INFORMATION SUPPLIED: Begin

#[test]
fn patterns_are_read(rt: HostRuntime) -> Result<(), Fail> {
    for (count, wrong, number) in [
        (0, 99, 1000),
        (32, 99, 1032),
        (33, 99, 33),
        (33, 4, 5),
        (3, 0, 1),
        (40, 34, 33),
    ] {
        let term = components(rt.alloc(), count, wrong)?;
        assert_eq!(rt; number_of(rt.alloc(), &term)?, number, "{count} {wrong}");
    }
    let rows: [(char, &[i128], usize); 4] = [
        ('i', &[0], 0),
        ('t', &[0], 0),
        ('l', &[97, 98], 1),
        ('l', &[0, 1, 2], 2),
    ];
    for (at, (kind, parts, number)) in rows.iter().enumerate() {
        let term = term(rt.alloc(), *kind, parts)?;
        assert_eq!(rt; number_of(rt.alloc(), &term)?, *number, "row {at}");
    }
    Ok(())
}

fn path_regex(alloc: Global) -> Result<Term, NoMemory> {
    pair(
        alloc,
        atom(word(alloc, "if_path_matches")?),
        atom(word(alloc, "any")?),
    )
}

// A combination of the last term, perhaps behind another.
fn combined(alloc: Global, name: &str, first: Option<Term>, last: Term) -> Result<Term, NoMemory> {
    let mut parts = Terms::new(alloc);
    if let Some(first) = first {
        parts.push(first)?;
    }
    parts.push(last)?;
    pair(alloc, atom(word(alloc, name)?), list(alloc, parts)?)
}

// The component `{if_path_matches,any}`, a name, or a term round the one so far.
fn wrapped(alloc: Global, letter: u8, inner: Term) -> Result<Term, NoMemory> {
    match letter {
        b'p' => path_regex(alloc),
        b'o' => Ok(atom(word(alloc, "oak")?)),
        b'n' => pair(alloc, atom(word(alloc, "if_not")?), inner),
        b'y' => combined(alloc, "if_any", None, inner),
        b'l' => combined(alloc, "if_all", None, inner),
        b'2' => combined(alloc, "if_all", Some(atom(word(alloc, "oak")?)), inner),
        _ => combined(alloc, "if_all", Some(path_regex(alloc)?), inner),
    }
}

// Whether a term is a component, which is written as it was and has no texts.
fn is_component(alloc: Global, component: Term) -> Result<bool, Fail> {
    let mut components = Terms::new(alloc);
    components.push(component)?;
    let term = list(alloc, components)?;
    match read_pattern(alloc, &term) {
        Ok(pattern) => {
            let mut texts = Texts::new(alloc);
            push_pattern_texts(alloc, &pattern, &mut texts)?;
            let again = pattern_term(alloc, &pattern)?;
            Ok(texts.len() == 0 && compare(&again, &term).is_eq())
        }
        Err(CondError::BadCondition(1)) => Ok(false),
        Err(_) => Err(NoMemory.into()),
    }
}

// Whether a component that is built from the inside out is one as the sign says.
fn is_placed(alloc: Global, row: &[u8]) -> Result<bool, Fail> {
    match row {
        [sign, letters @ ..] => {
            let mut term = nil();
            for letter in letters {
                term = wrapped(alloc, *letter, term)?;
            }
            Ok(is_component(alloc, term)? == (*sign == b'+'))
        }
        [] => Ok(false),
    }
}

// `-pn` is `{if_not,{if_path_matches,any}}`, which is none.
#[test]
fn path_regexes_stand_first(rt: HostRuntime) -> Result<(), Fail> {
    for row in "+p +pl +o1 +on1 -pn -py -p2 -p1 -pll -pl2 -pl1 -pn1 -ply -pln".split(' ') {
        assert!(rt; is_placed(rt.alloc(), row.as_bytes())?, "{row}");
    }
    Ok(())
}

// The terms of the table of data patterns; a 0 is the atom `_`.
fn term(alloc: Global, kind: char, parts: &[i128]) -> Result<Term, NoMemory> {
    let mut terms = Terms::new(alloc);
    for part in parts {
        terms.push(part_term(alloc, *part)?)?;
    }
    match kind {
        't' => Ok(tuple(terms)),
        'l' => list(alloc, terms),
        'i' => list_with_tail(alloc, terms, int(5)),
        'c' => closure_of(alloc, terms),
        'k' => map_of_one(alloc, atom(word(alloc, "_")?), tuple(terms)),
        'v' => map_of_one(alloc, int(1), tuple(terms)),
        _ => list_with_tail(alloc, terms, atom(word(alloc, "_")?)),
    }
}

INFORMATION SUPPLIED: End

PROBLEM TO SOLVE | Where does the string "parts" appear in the records above? Return every line that holds it.

REPLY TO THE TASK |
    for (at, (kind, parts, number)) in rows.iter().enumerate() {
        let term = term(rt.alloc(), *kind, parts)?;
    let mut parts = Terms::new(alloc);
        parts.push(first)?;
    parts.push(last)?;
    pair(alloc, atom(word(alloc, name)?), list(alloc, parts)?)
fn term(alloc: Global, kind: char, parts: &[i128]) -> Result<Term, NoMemory> {
    for part in parts {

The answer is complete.